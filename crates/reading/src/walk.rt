// Records run on a stack of sums. A body runs by a call of the function on itself: what lies inside a record has a level less.
ghost use Rattle.std.specs.Prelude.{◌≡◌, Bool, false, ◌+◌, ◌-◌};
ghost use Rattle.formats.specs.Tree.{forest};
ghost use Rattle.formats.specs.Names.{kind_of, modifier_of};
ghost use Rattle.formats.specs.declared.record.Modifier.TheVariants.{Fork};
ghost use Rattle.modifiers.specs.declared.Use.TheVariants.{Bodies};
ghost use Rattle.modifiers.specs.Reading.{runners, inside_of, step_of};
ghost use Rattle.modifiers.specs.Contract.Walks.{walk_of};
ghost use Rattle.modifiers.specs.Contract.Plans.{modified, UsedAs};
ghost use Rattle.stack.specs.Contract.Arena.{slots, places, all_slices};
ghost use Rattle.stack.specs.Contract.Agree.{Ready, Does};
ghost use Rattle.reading.specs.Contract.Quick.{has_nodes};
ghost use Rattle.reading.specs.Contract.Runs.{Keeps, OneBody, Inner, Bodily, Planned, Round, Rounds, Many, Forks};

use formats::record::{Kind, Record};
use modifiers::hold::Begun;
use modifiers::{Plan, Use};
use stack::slots::Arena;
use stack::state::{AlgebraEnv, Ran, Stepped};

fn wide(x: u8) -> usize
    ensures { result ≡ x }
{
    x as usize
}

// Runs the records from `from` up to `to` in turn. What is held lies in the arena from v on. Nodes inside a record stand right behind it, so the walk goes on with them.
#[cycle(around_fork_fork_each_modify_step_walk_with_bodies)]
pub fn walk(
    list: &[u8],
    from: usize,
    to: usize,
    arena: &mut Arena,
    v: usize,
    env: AlgebraEnv,
) -> Ran
    requires { Ready (slots arena.old) v env × ((b : Bool) × Keeps list.now from to b × OneBody list.now from to b) }
    ensures does { Does (slots arena.old) (slots arena.new) v env result (λ st. walk_of list.now from to (places - v) st) }
    ensures same_slices { all_slices arena.new ≡ all_slices arena.old }
{
    let mut at = from;
    let mut used = env.used;
    let mut handled = env.handled;
    let mut complex = env.complex;
    let mut pairs = env.pairs;
    while at < to {
        let r = formats::record::record_at(list, at);
        let next = at + 1 + r.inside as usize;
        if crate::turn::is_quick(r.kind) {
            match stack::leaf::leaf(r, arena, v, used, handled) {
                Stepped::Stopped(q, b) => return Ran::Stopped(q, at, b),
                Stepped::Went(then, more) => {
                    used = then;
                    pairs = stack::state::capped_sum(pairs, more);
                }
            }
            handled = crate::turn::counted(r, handled);
            complex = complex | stack::leaf::flags(r);
            at = next;
            continue;
        }
        if crate::turn::has_nodes(r.kind) {
            at = at + 1;
            continue;
        }
        let cur = crate::turn::env_of(used, handled, complex, pairs);
        match step(list, at, r, arena, v, cur) {
            Ran::Stopped(q, place, b) => return Ran::Stopped(q, place, b),
            Ran::Went(then) => {
                used = then.used;
                handled = then.handled;
                complex = then.complex;
                pairs = then.pairs;
            }
        }
        at = next;
    }
    Ran::Went(crate::turn::env_of(used, handled, complex, pairs))
}

// Runs one record that has no nodes inside.
#[cycle(around_fork_fork_each_modify_step_walk_with_bodies)]
fn step(list: &[u8], at: usize, r: Record, arena: &mut Arena, v: usize, env: AlgebraEnv) -> Ran
    requires { Ready (slots arena.old) v env × Inner list.now at r × (has_nodes (inside_of (kind_of r.kind)) ≡ false) }
    ensures does { Does (slots arena.old) (slots arena.new) v env result
        (λ st. step_of at r (runners (at + 1) (forest list.now (at + 1) (at + 1 + r.inside))) (places - v) st) }
    ensures same_slices { all_slices arena.new ≡ all_slices arena.old }
{
    if formats::record::is_a(r.kind, Kind::Modifier) {
        return modify(list, at, r, arena, v, env);
    }
    crate::turn::read_leaf(r, at, arena, v, env)
}

// Runs a modifier.
#[cycle(around_fork_fork_each_modify_step_walk_with_bodies)]
fn modify(list: &[u8], at: usize, r: Record, arena: &mut Arena, v: usize, env: AlgebraEnv) -> Ran
    requires { Ready (slots arena.old) v env × Bodily list.now (at + 1) (at + 1 + r.inside) }
    ensures does { Does (slots arena.old) (slots arena.new) v env result (λ st. modified list.now at r (places - v) st) }
    ensures same_slices { all_slices arena.new ≡ all_slices arena.old }
{
    match modifiers::use_of(list, at, r) {
        Use::Refused(q) => crate::turn::refuse(q, at, &arena.book.cells(), arena.sizes(), env),
        Use::Bodies => with_bodies(list, at, r, arena, v, env),
        Use::Forks => fork(list, at, r, arena, v, env),
    }
}

// A modifier other than Fork, with as many bodies as it asks for.
#[cycle(around_fork_fork_each_modify_step_walk_with_bodies)]
fn with_bodies(
    list: &[u8],
    at: usize,
    r: Record,
    arena: &mut Arena,
    v: usize,
    env: AlgebraEnv,
) -> Ran
    requires { Ready (slots arena.old) v env × Bodily list.now (at + 1) (at + 1 + r.inside) × UsedAs Bodies list.now at r }
    ensures does { Does (slots arena.old) (slots arena.new) v env result (λ st. modified list.now at r (places - v) st) }
    ensures same_slices { all_slices arena.new ≡ all_slices arena.old }
{
    let p = modifiers::plan_of(list, at, r);
    let begun = modifiers::begin::begin(r.code, p.args, at, arena, v, env);
    match begun {
        Begun::Halted(q, place, b) => Ran::Stopped(q, place, b),
        Begun::Held(cur, held) => around(list, p, held, arena, v, cur),
    }
}

// One stretch is run while sums of `held` cells are held; these are put back, and the other is run.
#[cycle(around_fork_fork_each_modify_step_walk_with_bodies)]
fn around(list: &[u8], p: Plan, held: usize, arena: &mut Arena, v: usize, env: AlgebraEnv) -> Ran
    requires { Round (slots arena.old) v held env × Planned list.now p }
    ensures rounds { Rounds (slots arena.old) (slots arena.new) v held env result list.now p }
    ensures same_slices { all_slices arena.new ≡ all_slices arena.old }
{
    let low = v - held;
    let ran = walk(list, p.from, p.to, arena, low, env);
    match ran {
        Ran::Stopped(q, place, b) => Ran::Stopped(q, place, b),
        Ran::Went(cur) => {
            let back = modifiers::lend::put_back(held, arena, low, cur);
            walk(list, p.again, p.until, arena, v, back)
        }
    }
}

// Fork: as many sums as the body that takes most asks for are held to the end.
#[cycle(around_fork_fork_each_modify_step_walk_with_bodies)]
fn fork(list: &[u8], at: usize, r: Record, arena: &mut Arena, v: usize, env: AlgebraEnv) -> Ran
    requires { Ready (slots arena.old) v env × Bodily list.now (at + 1) (at + 1 + r.inside) × (modifier_of r.code ≡ Fork) }
    ensures does { Does (slots arena.old) (slots arena.new) v env result (λ st. modified list.now at r (places - v) st) }
    ensures same_slices { all_slices arena.new ≡ all_slices arena.old }
{
    let from = at + 1;
    let to = from + r.inside as usize;
    let k = modifiers::most_args(list, from, to);
    let begun = modifiers::hold::hold(k, at, arena, v, env);
    match begun {
        Begun::Halted(q, place, b) => Ran::Stopped(q, place, b),
        Begun::Held(cur, held) => fork_each(list, at, to, k, held, arena, v - held, cur),
    }
}

// Each body of a Fork, the last of them first, gets copies of the deepest of the k sums that are held from v on.
#[cycle(around_fork_fork_each_modify_step_walk_with_bodies)]
fn fork_each(
    list: &[u8],
    at: usize,
    to: usize,
    k: usize,
    m: usize,
    arena: &mut Arena,
    v: usize,
    env: AlgebraEnv,
) -> Ran
    requires { Ready (slots arena.old) v env × Bodily list.now (at + 1) to × Many (slots arena.old) v m k }
    ensures forks { Forks (slots arena.old) (slots arena.new) v m k env result list.now at (at + 1) to }
    ensures same_slices { all_slices arena.new ≡ all_slices arena.old }
{
    let from = at + 1;
    let n = formats::record::count_nodes(list, from, to);
    let mut cur = env;
    for i in (0..n).rev() {
        let b = modifiers::place_of(list, from, to, i);
        let r = formats::record::record_at(list, b);
        let lent = modifiers::lend::lend_deepest(wide(r.args), k, m, at, arena, v, cur);
        let Ran::Went(ready) = lent else {
            return lent;
        };
        let ran = walk(list, b, b + 1 + r.inside as usize, arena, v, ready);
        let Ran::Went(then) = ran else {
            return ran;
        };
        cur = then;
    }
    Ran::Went(cur)
}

About this task | Within the data above, the span starting at the line containing "no nodes inside." and ending at the line containing "fn modify(list: &[u8], at: usize, r: Record, arena: &mut" is to be retyped exactly, with no other lines.

Exercise output |
// Runs one record that has no nodes inside.
#[cycle(around_fork_fork_each_modify_step_walk_with_bodies)]
fn step(list: &[u8], at: usize, r: Record, arena: &mut Arena, v: usize, env: AlgebraEnv) -> Ran
    requires { Ready (slots arena.old) v env × Inner list.now at r × (has_nodes (inside_of (kind_of r.kind)) ≡ false) }
    ensures does { Does (slots arena.old) (slots arena.new) v env result
        (λ st. step_of at r (runners (at + 1) (forest list.now (at + 1) (at + 1 + r.inside))) (places - v) st) }
    ensures same_slices { all_slices arena.new ≡ all_slices arena.old }
{
    if formats::record::is_a(r.kind, Kind::Modifier) {
        return modify(list, at, r, arena, v, env);
    }
    crate::turn::read_leaf(r, at, arena, v, env)
}

// Runs a modifier.
#[cycle(around_fork_fork_each_modify_step_walk_with_bodies)]
fn modify(list: &[u8], at: usize, r: Record, arena: &mut Arena, v: usize, env: AlgebraEnv) -> Ran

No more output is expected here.